Mas essa bomba-relógio nunca chegou a explodir e toda a preparação se revelou desnecessária. Com a queda da União Soviética e o fim da Guerra Fria, os soviéticos que moravam em Wünsdorf tiveram que deixar a cidade e voltar para sua terra natal.

E assim a "Pequena Moscou" tornou-se uma cidade fantasma da noite para o dia.

"Tudo aconteceu muito rápido. Os habitantes de Wünsdorf formam notificados que tinha que voltar para a Rússia imediatamente e muitos deixaram quase tudo que tinham para trás", contou Naumann, que atualmente é o responsável pela segurança das ruínas da "Casa dos Oficiais".

Proibida

Com a retirada, a região de Wünsdorf voltou a pertencer ao governo do Estado de Brandenburgo e grandes planos foram feitos para os prédios abandonados. Foi nesta época também que ela ganhou o apelido de "Cidade Proibida", devido às restrições de acesso impostas pelo Exército Vermelho, que imperaram durante 40 anos no local.

Depois de perder todos os seus habitantes duas vezes em pouco menos um século, o distrito tenta agora deixar para trás seu passado militar e atrair moradores da capital alemã que desejam viver perto da natureza ou fugir de aluguéis elevados.

Hoje, 6,5 mil pessoas vivem na região. Algumas nas antigas casernas reformadas, outras em casas novas que surgiram em terrenos vazios.

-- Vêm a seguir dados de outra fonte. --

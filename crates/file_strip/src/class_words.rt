//! The rows of class_defs, word by word ("class_def_item").
ghost use Rattle.std.specs.Prelude.{◌<◌, IfOk, IsOkUnless};
ghost use Rattle.dex_base.specs.Fault.{memory};
ghost use Rattle.file_strip.specs.inner.Words.{AreClassWords};

use dex_base::Fault;
use dex_container::Sections;
use file_classes::{class_count, class_word};
use std::alloc::Global;

/// Word j of each row.
pub(crate) fn class_words(alloc: Global, sections: &Sections<'_>, j: u32) -> Result<Vec<u32>, Fault>
    requires word { j < 8 }
    ensures ok { IfOk result (λ words. AreClassWords sections.now j words.items) }
    ensures memory { IsOkUnless result memory }
{
    let count = class_count(sections);
    let mut words = Vec::with_capacity(alloc, count as usize)?;
    for i in 0..count {
        words.push(class_word(sections, i, j))?;
    }
    Ok(words)
}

Os planos iniciais do governo previam atrair 10 mil novos moradores para a antiga cidade, que acabou virando um distrito do município de Zossen.

O governo ainda busca investidores para reformar antigos prédios militares, a maioria construída na década de 1910, e a "Casa dos Oficiais", que é protegida pelo patrimônio histórico.

Em 2015, no auge da crise dos refugiados, algumas casernas foram reformadas e transformadas num abrigo que recebeu cerca de mil requerentes de asilo.

Mas, segundo Naumann, nem todos gostaram da nova vizinhança. Um grupo de interessados em adquirir um antigo prédio administrativo, localizado ao lado do abrigo, e transformá-los em apartamentos habitacionais acabou desistindo do negócio.